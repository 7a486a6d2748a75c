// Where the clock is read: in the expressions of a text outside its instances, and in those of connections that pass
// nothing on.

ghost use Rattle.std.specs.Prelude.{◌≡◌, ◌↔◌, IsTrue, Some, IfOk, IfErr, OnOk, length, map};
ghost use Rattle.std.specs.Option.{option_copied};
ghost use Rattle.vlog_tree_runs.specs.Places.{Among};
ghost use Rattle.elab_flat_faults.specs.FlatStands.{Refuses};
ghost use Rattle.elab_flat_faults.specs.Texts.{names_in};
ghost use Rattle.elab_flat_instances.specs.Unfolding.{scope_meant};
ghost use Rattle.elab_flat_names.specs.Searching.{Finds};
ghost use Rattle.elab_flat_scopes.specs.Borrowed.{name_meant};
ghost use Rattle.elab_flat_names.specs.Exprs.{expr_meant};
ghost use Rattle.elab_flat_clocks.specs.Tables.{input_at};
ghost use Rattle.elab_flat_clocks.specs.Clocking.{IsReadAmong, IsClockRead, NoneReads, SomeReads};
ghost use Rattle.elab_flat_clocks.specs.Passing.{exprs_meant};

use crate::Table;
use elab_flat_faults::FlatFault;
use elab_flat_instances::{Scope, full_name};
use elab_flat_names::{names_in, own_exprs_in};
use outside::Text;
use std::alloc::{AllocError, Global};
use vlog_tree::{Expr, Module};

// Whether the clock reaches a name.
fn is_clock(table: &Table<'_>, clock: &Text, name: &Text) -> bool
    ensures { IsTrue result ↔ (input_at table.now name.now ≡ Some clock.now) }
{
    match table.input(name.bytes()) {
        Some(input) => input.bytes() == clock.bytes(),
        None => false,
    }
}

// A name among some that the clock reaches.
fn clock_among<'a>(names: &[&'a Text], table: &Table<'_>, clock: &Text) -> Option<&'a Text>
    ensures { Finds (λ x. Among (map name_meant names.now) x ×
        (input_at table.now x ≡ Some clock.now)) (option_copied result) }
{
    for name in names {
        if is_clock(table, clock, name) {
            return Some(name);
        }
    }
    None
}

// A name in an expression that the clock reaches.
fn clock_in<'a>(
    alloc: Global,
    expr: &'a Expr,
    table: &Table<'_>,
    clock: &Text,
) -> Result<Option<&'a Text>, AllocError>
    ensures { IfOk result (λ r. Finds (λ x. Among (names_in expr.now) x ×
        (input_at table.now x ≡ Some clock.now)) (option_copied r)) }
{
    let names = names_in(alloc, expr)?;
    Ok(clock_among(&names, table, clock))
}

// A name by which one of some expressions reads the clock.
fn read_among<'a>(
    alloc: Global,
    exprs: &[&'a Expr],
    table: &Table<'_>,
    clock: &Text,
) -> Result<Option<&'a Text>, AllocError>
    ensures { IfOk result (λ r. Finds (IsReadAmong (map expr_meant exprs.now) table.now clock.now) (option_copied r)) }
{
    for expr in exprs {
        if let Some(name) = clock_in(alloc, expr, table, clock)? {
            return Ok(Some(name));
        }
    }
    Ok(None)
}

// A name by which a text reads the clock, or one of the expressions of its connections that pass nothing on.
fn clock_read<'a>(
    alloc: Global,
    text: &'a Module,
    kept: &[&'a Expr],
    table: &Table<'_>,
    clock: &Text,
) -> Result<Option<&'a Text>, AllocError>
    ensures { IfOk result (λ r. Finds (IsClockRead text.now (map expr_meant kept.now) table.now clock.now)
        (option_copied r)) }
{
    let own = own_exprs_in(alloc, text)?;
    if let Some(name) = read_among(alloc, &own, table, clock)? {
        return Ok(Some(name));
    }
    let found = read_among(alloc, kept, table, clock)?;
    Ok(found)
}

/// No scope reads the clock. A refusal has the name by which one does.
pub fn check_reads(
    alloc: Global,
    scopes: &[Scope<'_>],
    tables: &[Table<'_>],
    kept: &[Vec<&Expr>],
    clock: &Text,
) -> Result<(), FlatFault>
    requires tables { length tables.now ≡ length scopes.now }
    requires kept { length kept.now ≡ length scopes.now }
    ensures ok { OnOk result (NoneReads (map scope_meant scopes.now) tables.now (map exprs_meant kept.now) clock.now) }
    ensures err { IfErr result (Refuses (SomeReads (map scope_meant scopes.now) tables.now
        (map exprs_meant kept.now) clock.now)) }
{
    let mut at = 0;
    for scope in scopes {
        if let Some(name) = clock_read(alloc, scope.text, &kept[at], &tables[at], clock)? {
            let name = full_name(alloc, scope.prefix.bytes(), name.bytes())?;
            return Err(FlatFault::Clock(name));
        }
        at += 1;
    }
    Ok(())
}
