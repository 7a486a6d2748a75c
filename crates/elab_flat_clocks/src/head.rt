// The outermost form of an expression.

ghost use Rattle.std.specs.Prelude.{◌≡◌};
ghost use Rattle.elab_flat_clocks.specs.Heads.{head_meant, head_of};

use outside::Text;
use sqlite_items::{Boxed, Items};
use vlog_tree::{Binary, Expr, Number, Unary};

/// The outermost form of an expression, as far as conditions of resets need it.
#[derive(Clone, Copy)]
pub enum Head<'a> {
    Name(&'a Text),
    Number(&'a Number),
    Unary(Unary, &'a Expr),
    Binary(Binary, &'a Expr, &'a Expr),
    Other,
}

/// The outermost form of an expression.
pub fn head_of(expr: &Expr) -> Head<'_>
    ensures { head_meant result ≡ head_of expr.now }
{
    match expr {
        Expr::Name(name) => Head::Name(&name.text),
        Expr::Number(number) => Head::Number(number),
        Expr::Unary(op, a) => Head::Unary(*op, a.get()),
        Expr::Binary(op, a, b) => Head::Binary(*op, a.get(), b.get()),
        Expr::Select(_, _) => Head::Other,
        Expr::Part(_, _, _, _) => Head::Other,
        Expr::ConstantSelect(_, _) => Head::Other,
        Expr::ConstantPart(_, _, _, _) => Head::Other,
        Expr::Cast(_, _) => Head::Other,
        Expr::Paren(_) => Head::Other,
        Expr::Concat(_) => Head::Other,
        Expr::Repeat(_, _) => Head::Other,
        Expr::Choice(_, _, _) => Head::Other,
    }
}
========================================================================
PROBLEM TO SOLVE
Print the entries again so that each one matches exactly.

EXERCISE OUTPUT
repository 7a486a6d2748a75c
// Where the clock is read: in the expressions of a text outside its instances, and in those of connections that pass
// nothing on.

ghost use Rattle.std.specs.Prelude.{◌≡◌, ◌↔◌, IsTrue, Some, IfOk, IfErr, OnOk, length, map};
ghost use Rattle.std.specs.Option.{option_copied};
ghost use Rattle.vlog_tree_runs.specs.Places.{Among};
ghost use Rattle.elab_flat_faults.specs.FlatStands.{Refuses};
ghost use Rattle.elab_flat_faults.specs.Texts.{names_in};
ghost use Rattle.elab_flat_instances.specs.Unfolding.{scope_meant};
ghost use Rattle.elab_flat_names.specs.Searching.{Finds};
ghost use Rattle.elab_flat_scopes.specs.Borrowed.{name_meant};
ghost use Rattle.elab_flat_names.specs.Exprs.{expr_meant};
ghost use Rattle.elab_flat_clocks.specs.Tables.{input_at};
ghost use Rattle.elab_flat_clocks.specs.Clocking.{IsReadAmong, IsClockRead, NoneReads, SomeReads};
ghost use Rattle.elab_flat_clocks.specs.Passing.{exprs_meant};

use crate::Table;
use elab_flat_faults::FlatFault;
use elab_flat_instances::{Scope, full_name};
use elab_flat_names::{names_in, own_exprs_in};
use outside::Text;
use std::alloc::{AllocError, Global};
use vlog_tree::{Expr, Module};

// Whether the clock reaches a name.
fn is_clock(table: &Table<'_>, clock: &Text, name: &Text) -> bool
    ensures { IsTrue result ↔ (input_at table.now name.now ≡ Some clock.now) }
{
    match table.input(name.bytes()) {
        Some(input) => input.bytes() == clock.bytes(),
        None => false,
    }
}

// A name among some that the clock reaches.
fn clock_among<'a>(names: &[&'a Text], table: &Table<'_>, clock: &Text) -> Option<&'a Text>
    ensures { Finds (λ x. Among (map name_meant names.now) x ×
        (input_at table.now x ≡ Some clock.now)) (option_copied result) }
{
    for name in names {
        if is_clock(table, clock, name) {
            return Some(name);
        }
    }
    None
}

// A name in an expression that the clock reaches.
fn clock_in<'a>(
    alloc: Global,
    expr: &'a Expr,
    table: &Table<'_>,
    clock: &Text,
) -> Result<Option<&'a Text>, AllocError>
    ensures { IfOk result (λ r. Finds (λ x. Among (names_in expr.now) x ×
        (input_at table.now x ≡ Some clock.now)) (option_copied r)) }
{
    let names = names_in(alloc, expr)?;
    Ok(clock_among(&names, table, clock))
}

// A name by which one of some expressions reads the clock.
fn read_among<'a>(
    alloc: Global,
    exprs: &[&'a Expr],
    table: &Table<'_>,
    clock: &Text,
) -> Result<Option<&'a Text>, AllocError>
    ensures { IfOk result (λ r. Finds (IsReadAmong (map expr_meant exprs.now) table.now clock.now) (option_copied r)) }
{
    for expr in exprs {
        if let Some(name) = clock_in(alloc, expr, table, clock)? {
            return Ok(Some(name));
        }
    }
    Ok(None)
}

// A name by which a text reads the clock, or one of the expressions of its connections that pass nothing on.
fn clock_read<'a>(
    alloc: Global,
    text: &'a Module,
    kept: &[&'a Expr],
    table: &Table<'_>,
    clock: &Text,
) -> Result<Option<&'a Text>, AllocError>
    ensures { IfOk result (λ r. Finds (IsClockRead text.now (map expr_meant kept.now) table.now clock.now)
        (option_copied r)) }
{
    let own = own_exprs_in(alloc, text)?;
    if let Some(name) = read_among(alloc, &own, table, clock)? {
        return Ok(Some(name));
    }
    let found = read_among(alloc, kept, table, clock)?;
    Ok(found)
}

/// No scope reads the clock. A refusal has the name by which one does.
pub fn check_reads(
    alloc: Global,
    scopes: &[Scope<'_>],
    tables: &[Table<'_>],
    kept: &[Vec<&Expr>],
    clock: &Text,
) -> Result<(), FlatFault>
    requires tables { length tables.now ≡ length scopes.now }
    requires kept { length kept.now ≡ length scopes.now }
    ensures ok { OnOk result (NoneReads (map scope_meant scopes.now) tables.now (map exprs_meant kept.now) clock.now) }
    ensures err { IfErr result (Refuses (SomeReads (map scope_meant scopes.now) tables.now
        (map exprs_meant kept.now) clock.now)) }
{
    let mut at = 0;
    for scope in scopes {
        if let Some(name) = clock_read(alloc, scope.text, &kept[at], &tables[at], clock)? {
            let name = full_name(alloc, scope.prefix.bytes(), name.bytes())?;
            return Err(FlatFault::Clock(name));
        }
        at += 1;
    }
    Ok(())
}
repository 7a486a6d2748a75c
filename crates/elab_flat_clocks/src/head.rt
// The outermost form of an expression.

ghost use Rattle.std.specs.Prelude.{◌≡◌};
ghost use Rattle.elab_flat_clocks.specs.Heads.{head_meant, head_of};

use outside::Text;
use sqlite_items::{Boxed, Items};
use vlog_tree::{Binary, Expr, Number, Unary};

/// The outermost form of an expression, as far as conditions of resets need it.
#[derive(Clone, Copy)]
pub enum Head<'a> {
    Name(&'a Text),
    Number(&'a Number),
    Unary(Unary, &'a Expr),
    Binary(Binary, &'a Expr, &'a Expr),
    Other,
}

/// The outermost form of an expression.
pub fn head_of(expr: &Expr) -> Head<'_>
    ensures { head_meant result ≡ head_of expr.now }
{
    match expr {
        Expr::Name(name) => Head::Name(&name.text),
        Expr::Number(number) => Head::Number(number),
        Expr::Unary(op, a) => Head::Unary(*op, a.get()),
        Expr::Binary(op, a, b) => Head::Binary(*op, a.get(), b.get()),
        Expr::Select(_, _) => Head::Other,
        Expr::Part(_, _, _, _) => Head::Other,
        Expr::ConstantSelect(_, _) => Head::Other,
        Expr::ConstantPart(_, _, _, _) => Head::Other,
        Expr::Cast(_, _) => Head::Other,
        Expr::Paren(_) => Head::Other,
        Expr::Concat(_) => Head::Other,
        Expr::Repeat(_, _) => Head::Other,
        Expr::Choice(_, _, _) => Head::Other,
    }
}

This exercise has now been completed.